In your question to Prime Minister Rudd, you ask "If you call yourself a Christian, why don't you believe the words of Jesus in the Bible?" With that in mind, I'd like to play a little game called "Yes or No." It's easy, I'll ask you five questions and you just have to answer yes, or no. Got it?


1) Is it a sin to eat delicious crispy bacon?

(Leviticus 11:7-8) And the pig, though it has a divided hoof, does not chew the cud; it is unclean for you. You must not eat their meat or touch their carcasses; they are unclean for you.

2) Is getting a tattoo a sin? (not including white guys with tribal tatts)

(Leviticus 19:28) Ye shall not make any cuts in your body for the dead nor make any tattoo marks on yourselves: I am the LORD.

3) Will you execute your children if they call you a fuckhead?

(Exodus 21:17) And he that curseth his father, or his mother, shall surely be put to death.
  
4) Do you believe that men with mutilated genitals should not enter a house of God?
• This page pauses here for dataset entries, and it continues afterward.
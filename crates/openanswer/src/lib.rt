// The answer at an open node: SAT with messages. `specs/Open.antt` says what it gives.
#![tactic(auto)]

ghost use Rattle.std.specs.Prelude.{◌≡◌};
ghost use Rattle.problem.specs.Columns.{problem_by};
ghost use Rattle.messages.specs.Messages.{OpenTables, RoomFor};
ghost use Rattle.openanswer.specs.Open.{AnswersOpen};

use classes::State;
use cleared::clear;
use guard::Answer;
use problem::Problem;
use reader::Tables;

// The answer at an open node that the search found with so many nodes and splits: messages are drawn, and what lies past the last
// row and the last place is cleared.
#[tactic(auto, using(crate::proofs::OpenAnswer::drawn_fits))]
pub fn answer_open(
    tables: &Tables,
    problem: &Problem,
    state: &State,
    nodes: u32,
    first: u32,
    second: u32,
    rows: &mut [i32],
    places: &mut [i32],
) -> Answer
    requires open_tables { OpenTables tables.now state.now }
    requires problem_value { problem.now ≡ problem_by tables.now }
    requires room_for { RoomFor tables.now rows.old places.old }
    ensures { AnswersOpen tables.now state.now (record { nodes = nodes; first = first; second = second }) rows.old places.old result rows.new places.new }
{
    let n = messages::draw(tables, problem, state, rows, places);
    let last = 4 * n;
    clear(&mut rows[last..]);
    let terms = tables.rows.many;
    clear(&mut places[terms..]);
    let many = n as u32;
    Answer::Sat {
        nodes: nodes,
        first_splits: first,
        second_splits: second,
        rows: many,
    }
}
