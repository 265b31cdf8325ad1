// The split of a node. `specs/Choice.antt` says what it is.
#![tactic(auto)]

ghost use Rattle.std.specs.Prelude.{◌≡◌, ◌<◌};
ghost use Rattle.std.proofs.Math.Option.{some};
ghost use Rattle.loops.specs.Lowest.{Finds};
ghost use Rattle.splits.specs.Choice.{choice_of, first_by, lowest_in, read_splits, split_by, term_splits};

use classes::State;
use labelled::Sorts;
use slots::Reads;

// A decision to split on: whether it is of the first kind, its term and its variant.
#[derive(Clone, Copy)]
pub struct Choice {
    pub first: bool,
    pub term: u8,
    pub variant: u8,
}

// ---- the two kinds

#[tactic(auto, using(slots::proofs::Fits::slots_fit), unfolding(crate::specs::Choice::read_splits))]
fn read_splits(state: &State, reads: &Reads, k: usize) -> bool
    requires { k < 24 }
    ensures { result ≡ read_splits reads.now.slots state.now k }
{
    if reads.key(k) == 0 {
        return false;
    }
    let label = state.label_of(reads.term(k));
    let bit = reads.bit(k);
    if label & bit == 0 {
        return false;
    }
    label != bit
}

#[tactic(auto, unfolding(crate::specs::Choice::term_splits))]
fn term_splits(state: &State, sorts: &Sorts, x: u8) -> bool
    requires { x < 78 }
    ensures { result ≡ term_splits sorts.now.sorts sorts.now.fieldless state.now x }
{
    let label = state.label_of(x);
    if label & sorts.fieldless_of(x) != label {
        return false;
    }
    labels::size(label) >= 2
}

// The lowest field row whose read term's label holds its variant and another one.
#[tactic(auto, using(loops::proofs::Loops::finds))]
fn first_kind(state: &State, reads: &Reads) -> Option<usize>
    ensures { Finds (read_splits reads.now.slots state.now) 24 result }
{
    loops::lowest(24, |k| read_splits(state, reads, k))
}

// The lowest term whose label holds two or more variants, all fieldless.
#[tactic(auto, using(labelled::proofs::Covering::listed_finds, crate::proofs::Tests::splits_has_label))]
fn second_kind(state: &State, sorts: &Sorts) -> Option<u8>
    ensures { Finds (term_splits sorts.now.sorts sorts.now.fieldless state.now) 78 result }
{
    sorts.lowest_labelled(|x| term_splits(state, sorts, x))
}

// ---- the split

// The decision on a term's lowest variant, of those in a label.
#[tactic(auto, using(slots::proofs::OnlyOne::lowest_most))]
fn decide(first: bool, term: u8, label: u16) -> Option<Choice>
    ensures { result ≡ choice_of first (some (record { term = term; variant = lowest_in label })) }
{
    Some(Choice {
        first,
        term,
        variant: labels::lowest(label) as u8,
    })
}

// What the node splits on: the first kind before the second.
#[tactic(auto, unfolding(crate::specs::Choice::split_by, crate::specs::Choice::first_by))]
pub fn split(state: &State, reads: &Reads, sorts: &Sorts) -> Option<Choice>
    ensures { result ≡ choice_of (first_by reads.now.slots state.now) (split_by reads.now.slots sorts.now.sorts sorts.now.fieldless state.now) }
{
    if let Some(k) = first_kind(state, reads) {
        return decide(true, reads.term(k), reads.bit(k));
    }
    let x = second_kind(state, sorts)?;
    decide(false, x, state.label_of(x))
}
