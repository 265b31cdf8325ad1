// Whether a class of a node holds two constants of different value.
#![tactic(auto)]

ghost use Rattle.std.specs.Prelude.{◌≡◌, ◌<◌};
ghost use Rattle.loops.specs.Lowest.{Finds};
ghost use Rattle.unlikeconstants.specs.Unlike.{has_other, is_constant_of, other_constant, unlike_in};

use constants::Constants;

// Whether slot `k` has a constant of this class.
#[tactic(auto, unfolding(crate::specs::Unlike::is_constant_of))]
fn is_constant_of(classes: &[u8; 96], constants: &Constants, class: u8, k: usize) -> bool
    requires { k < 30 }
    ensures { result ≡ is_constant_of constants.now.sorts classes.now class k }
{
    constants.sort(k) != 0 && classes::class_of(classes, constants::constant_term(k)) == class
}

// The lowest slot that has one.
#[tactic(auto, using(loops::proofs::Loops::finds))]
pub fn first_constant(classes: &[u8; 96], constants: &Constants, class: u8) -> Option<usize>
    ensures { Finds (is_constant_of constants.now.sorts classes.now class) 30 result }
{
    loops::lowest(30, |k| is_constant_of(classes, constants, class, k))
}

// Whether slot `k` has one, of another value than slot `first`.
#[tactic(auto, unfolding(crate::specs::Unlike::other_constant))]
fn is_other_constant(
    classes: &[u8; 96],
    constants: &Constants,
    class: u8,
    first: usize,
    k: usize,
) -> bool
    requires { k < 30 }
    ensures { result ≡ other_constant constants.now.sorts constants.now.values classes.now class first k }
{
    is_constant_of(classes, constants, class, k) && constants.value(k) != constants.value(first)
}

// Whether a class has a constant of another value than slot `first`.
#[tactic(auto, using(crate::proofs::UnlikeTests::others_pass))]
fn has_other(classes: &[u8; 96], constants: &Constants, class: u8, first: usize) -> bool
    ensures { result ≡ has_other constants.now.sorts constants.now.values classes.now class first }
{
    loops::any(
        30,
        |k| is_other_constant(classes, constants, class, first, k),
    )
}

// Whether a class holds two constants of different value: one differs from the first.
#[tactic(auto, using(crate::proofs::UnlikeTests::by_first, crate::proofs::UnlikeTests::no_first))]
pub fn holds_unlike(classes: &[u8; 96], constants: &Constants, class: u8) -> bool
    ensures { result ≡ unlike_in constants.now.sorts constants.now.values classes.now class }
{
    match first_constant(classes, constants, class) {
        Some(first) => has_other(classes, constants, class, first),
        None => false,
    }
}
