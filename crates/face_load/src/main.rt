// 40 records of seed 88172645463325252.
// The input is in stdin, what is printed in stdout.
#![tactic(auto)]

use std::io;

fn main(rt: HostRuntime) -> io::Result<()> {
    face_seed::print_load(&rt)
}
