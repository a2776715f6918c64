// How many records are durable where the row area has reached the medium up to a length, for both kinds.
// An inner crate: its call asks nothing, but the function below it has a `requires`.
#![tactic(auto)]

ghost use Rattle.std.specs.Prelude.{◌≡◌, ◌≤◌, length};
ghost use Rattle.loc_leaf.specs.Answers.{answer_of};
ghost use Rattle.loc_calls.specs.Lent.{seen};
ghost use Rattle.loc_calls.specs.Withheld.{limited, withheld};
ghost use Rattle.loc_store.specs.Plans.{cut_past};

use loc_calls::Areas;
use loc_leaf::Kind;
use loc_leaf::delta_loc::row_width;
use loc_leaf::file::FILE_HEADER_LEN;
use loc_leaf::refusal::Refusal;
use loc_store::Checked;
use loc_store::check::check_areas;
use loc_store::plan::{cut_count, number_before};

// Of the records that were found, those before the record of the row at the durable length.
#[tactic(auto, unfolding(loc_calls::specs::Withheld::limited, loc_calls::specs::Withheld::on_edge))]
fn limit(kind: Kind, a: Areas, found: Checked, durable: u64) -> u64
    requires { found.ends.rows ≤ length a.rows.now }
    ensures { result ≡ limited kind durable found.ends.rows found.count
        (cut_past kind a.entry.slots.now a.entry.rows.now found.count durable) }
{
    if found.ends.rows <= durable {
        return found.count;
    }
    let header = FILE_HEADER_LEN as u64;
    if durable < header || (durable - header) % row_width(kind) as u64 != 0 {
        return 0;
    }
    let at = durable as usize;
    let last = number_before(kind, a.rows, at);
    cut_count(kind, a.slots, a.rows, found.count, at, last)
}

// 1, then 6.
pub fn withheld_ovf_limit(kind: Kind, a: Areas, durable: u64) -> Result<u64, Refusal>
    ensures { answer_of result ≡ (withheld kind durable (seen a.entry)).answer }
{
    let found = check_areas(kind, a)?;
    Ok(limit(kind, a, found, durable))
}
(Leviticus 19:27) He that is wounded in the stones, or hath his privy member cut off, shall not enter into the congregation of the LORD.

5) Is Brokeback Mountain the most FABULOUS movie you've ever seen?

If you answered "No" to ANY of the first four questions, HOW CAN YOU CALL YOURSELF A CHRISTIAN? If you answered "Yes" to question five, would you like to go camping and horse riding with me? If so, I call shotgun on being Heath.